From the entries below, please gather each line containing the string "none".

____ Supplied records

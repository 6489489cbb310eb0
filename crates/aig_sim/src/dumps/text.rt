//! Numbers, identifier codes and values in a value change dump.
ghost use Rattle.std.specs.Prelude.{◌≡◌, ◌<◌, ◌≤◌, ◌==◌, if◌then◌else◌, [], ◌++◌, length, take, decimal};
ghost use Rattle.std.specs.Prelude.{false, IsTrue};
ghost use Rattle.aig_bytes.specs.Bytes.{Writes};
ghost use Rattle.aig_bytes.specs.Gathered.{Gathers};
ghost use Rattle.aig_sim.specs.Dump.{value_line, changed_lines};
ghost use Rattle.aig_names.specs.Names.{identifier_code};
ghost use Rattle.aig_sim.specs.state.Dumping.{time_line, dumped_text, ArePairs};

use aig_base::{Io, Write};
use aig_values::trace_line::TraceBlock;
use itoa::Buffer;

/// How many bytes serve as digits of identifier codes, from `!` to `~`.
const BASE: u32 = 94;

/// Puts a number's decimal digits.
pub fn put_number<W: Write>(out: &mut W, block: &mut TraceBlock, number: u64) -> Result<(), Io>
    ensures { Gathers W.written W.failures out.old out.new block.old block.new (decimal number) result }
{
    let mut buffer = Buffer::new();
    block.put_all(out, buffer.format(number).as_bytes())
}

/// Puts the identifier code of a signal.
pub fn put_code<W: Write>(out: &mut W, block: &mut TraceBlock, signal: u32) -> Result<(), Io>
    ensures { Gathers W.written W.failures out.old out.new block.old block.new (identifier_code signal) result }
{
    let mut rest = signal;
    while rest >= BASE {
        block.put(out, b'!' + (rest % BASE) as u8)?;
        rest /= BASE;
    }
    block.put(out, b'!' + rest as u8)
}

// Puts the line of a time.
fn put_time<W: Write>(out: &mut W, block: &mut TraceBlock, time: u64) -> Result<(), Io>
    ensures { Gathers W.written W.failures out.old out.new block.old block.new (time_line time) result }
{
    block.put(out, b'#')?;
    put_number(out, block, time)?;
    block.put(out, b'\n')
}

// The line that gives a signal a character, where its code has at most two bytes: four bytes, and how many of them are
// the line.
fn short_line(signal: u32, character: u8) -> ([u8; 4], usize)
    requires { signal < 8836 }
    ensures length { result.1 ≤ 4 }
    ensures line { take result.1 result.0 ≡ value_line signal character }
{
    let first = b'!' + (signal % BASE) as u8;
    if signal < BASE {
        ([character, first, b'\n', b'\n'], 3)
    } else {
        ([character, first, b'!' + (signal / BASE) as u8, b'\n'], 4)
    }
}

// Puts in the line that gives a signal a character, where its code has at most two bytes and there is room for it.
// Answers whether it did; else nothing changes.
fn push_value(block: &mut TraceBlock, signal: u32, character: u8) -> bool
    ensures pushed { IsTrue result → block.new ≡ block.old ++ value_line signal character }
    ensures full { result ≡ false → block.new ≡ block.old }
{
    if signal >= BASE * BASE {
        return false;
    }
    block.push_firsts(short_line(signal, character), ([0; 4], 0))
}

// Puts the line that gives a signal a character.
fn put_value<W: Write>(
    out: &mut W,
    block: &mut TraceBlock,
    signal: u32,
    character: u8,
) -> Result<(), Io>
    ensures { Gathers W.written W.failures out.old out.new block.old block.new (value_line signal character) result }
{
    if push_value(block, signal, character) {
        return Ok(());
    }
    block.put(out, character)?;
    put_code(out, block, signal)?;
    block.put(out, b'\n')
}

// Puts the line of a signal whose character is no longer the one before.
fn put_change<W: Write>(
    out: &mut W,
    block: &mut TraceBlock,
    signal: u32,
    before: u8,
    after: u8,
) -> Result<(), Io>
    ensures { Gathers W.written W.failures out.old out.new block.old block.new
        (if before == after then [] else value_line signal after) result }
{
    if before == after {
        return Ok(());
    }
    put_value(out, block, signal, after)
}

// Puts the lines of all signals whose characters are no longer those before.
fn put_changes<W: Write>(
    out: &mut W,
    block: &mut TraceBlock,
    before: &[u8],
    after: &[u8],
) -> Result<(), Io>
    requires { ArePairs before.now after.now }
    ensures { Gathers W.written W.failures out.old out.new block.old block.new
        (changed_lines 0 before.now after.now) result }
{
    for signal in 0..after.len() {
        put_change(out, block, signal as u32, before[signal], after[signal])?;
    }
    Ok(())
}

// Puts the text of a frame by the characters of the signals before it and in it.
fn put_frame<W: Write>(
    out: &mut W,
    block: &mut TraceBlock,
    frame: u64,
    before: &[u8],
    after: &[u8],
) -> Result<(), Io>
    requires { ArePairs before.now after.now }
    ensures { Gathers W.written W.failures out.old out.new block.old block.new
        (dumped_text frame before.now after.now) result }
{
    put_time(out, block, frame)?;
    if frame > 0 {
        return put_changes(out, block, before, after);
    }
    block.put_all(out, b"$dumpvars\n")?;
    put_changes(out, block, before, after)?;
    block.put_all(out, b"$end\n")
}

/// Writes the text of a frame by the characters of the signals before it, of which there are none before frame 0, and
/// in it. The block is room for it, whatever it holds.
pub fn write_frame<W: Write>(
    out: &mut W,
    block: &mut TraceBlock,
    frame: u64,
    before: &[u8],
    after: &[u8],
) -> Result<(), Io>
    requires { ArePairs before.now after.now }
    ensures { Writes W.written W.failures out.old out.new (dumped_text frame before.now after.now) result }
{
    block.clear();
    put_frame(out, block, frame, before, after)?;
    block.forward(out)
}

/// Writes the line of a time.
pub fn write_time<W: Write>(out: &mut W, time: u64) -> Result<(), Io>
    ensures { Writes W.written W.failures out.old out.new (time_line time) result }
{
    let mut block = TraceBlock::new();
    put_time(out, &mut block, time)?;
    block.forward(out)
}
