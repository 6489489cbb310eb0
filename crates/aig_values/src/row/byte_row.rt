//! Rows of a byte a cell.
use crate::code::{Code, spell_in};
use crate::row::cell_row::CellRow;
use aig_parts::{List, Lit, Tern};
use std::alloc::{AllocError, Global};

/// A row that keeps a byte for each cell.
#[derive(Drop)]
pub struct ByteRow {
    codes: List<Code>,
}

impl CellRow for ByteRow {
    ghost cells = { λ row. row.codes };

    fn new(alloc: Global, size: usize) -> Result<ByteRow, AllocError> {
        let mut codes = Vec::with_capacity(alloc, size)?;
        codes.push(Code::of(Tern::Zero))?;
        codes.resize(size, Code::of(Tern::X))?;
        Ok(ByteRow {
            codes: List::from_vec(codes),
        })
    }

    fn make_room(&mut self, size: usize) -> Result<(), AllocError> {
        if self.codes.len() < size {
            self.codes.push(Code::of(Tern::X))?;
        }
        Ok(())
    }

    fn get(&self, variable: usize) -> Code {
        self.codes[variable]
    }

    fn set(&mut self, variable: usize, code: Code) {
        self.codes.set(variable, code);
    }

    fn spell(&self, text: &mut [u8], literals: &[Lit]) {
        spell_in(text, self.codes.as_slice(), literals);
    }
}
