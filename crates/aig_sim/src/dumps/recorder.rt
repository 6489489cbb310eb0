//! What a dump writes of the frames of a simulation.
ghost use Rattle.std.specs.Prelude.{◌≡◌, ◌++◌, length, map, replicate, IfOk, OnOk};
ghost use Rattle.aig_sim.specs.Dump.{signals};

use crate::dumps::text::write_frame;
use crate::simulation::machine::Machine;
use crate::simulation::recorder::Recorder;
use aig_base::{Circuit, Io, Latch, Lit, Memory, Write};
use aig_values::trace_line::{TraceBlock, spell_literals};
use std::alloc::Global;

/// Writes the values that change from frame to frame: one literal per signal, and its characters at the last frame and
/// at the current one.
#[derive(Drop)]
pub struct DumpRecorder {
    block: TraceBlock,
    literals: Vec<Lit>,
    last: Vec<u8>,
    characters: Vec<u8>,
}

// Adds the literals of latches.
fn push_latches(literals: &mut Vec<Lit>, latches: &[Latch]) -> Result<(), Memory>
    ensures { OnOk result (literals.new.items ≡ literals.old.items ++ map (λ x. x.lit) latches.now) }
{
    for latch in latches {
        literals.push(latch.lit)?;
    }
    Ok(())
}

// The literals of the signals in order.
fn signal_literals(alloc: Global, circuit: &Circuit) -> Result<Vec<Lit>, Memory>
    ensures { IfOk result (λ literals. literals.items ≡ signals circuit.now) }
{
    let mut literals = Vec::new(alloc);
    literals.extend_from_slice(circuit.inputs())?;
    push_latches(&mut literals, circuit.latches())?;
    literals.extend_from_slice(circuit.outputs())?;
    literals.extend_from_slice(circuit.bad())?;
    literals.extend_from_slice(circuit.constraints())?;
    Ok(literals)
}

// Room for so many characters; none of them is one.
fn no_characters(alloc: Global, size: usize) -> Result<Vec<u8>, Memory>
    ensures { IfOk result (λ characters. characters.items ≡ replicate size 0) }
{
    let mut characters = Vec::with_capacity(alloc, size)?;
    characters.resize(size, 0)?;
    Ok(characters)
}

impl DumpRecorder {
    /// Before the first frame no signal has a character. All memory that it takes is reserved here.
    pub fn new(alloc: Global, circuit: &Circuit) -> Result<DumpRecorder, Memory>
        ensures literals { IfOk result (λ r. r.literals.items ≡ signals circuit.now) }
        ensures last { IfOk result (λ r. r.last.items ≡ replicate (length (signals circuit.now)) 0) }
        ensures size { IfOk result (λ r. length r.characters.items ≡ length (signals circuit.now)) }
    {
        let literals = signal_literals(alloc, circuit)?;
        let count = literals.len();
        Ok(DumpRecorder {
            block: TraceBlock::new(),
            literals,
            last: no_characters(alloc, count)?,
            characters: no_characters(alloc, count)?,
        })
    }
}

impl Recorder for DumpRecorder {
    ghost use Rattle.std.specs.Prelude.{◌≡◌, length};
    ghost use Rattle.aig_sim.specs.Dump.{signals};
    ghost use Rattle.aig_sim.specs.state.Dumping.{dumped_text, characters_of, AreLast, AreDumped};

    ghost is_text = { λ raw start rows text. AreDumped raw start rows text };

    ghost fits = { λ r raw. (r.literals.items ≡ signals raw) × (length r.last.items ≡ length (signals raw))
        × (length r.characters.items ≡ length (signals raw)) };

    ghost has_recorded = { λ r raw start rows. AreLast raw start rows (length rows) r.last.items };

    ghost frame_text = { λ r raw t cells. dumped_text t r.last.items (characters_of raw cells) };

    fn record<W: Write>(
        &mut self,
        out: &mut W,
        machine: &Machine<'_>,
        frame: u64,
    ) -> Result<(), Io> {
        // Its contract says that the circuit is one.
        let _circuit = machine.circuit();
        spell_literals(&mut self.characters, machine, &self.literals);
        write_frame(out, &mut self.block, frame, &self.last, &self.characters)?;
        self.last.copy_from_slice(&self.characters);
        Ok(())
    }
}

________

> Exercise answer
/// Writes the text of a frame by the characters of the signals before it, of which there are none before frame 0, and
// Room for so many characters; none of them is one.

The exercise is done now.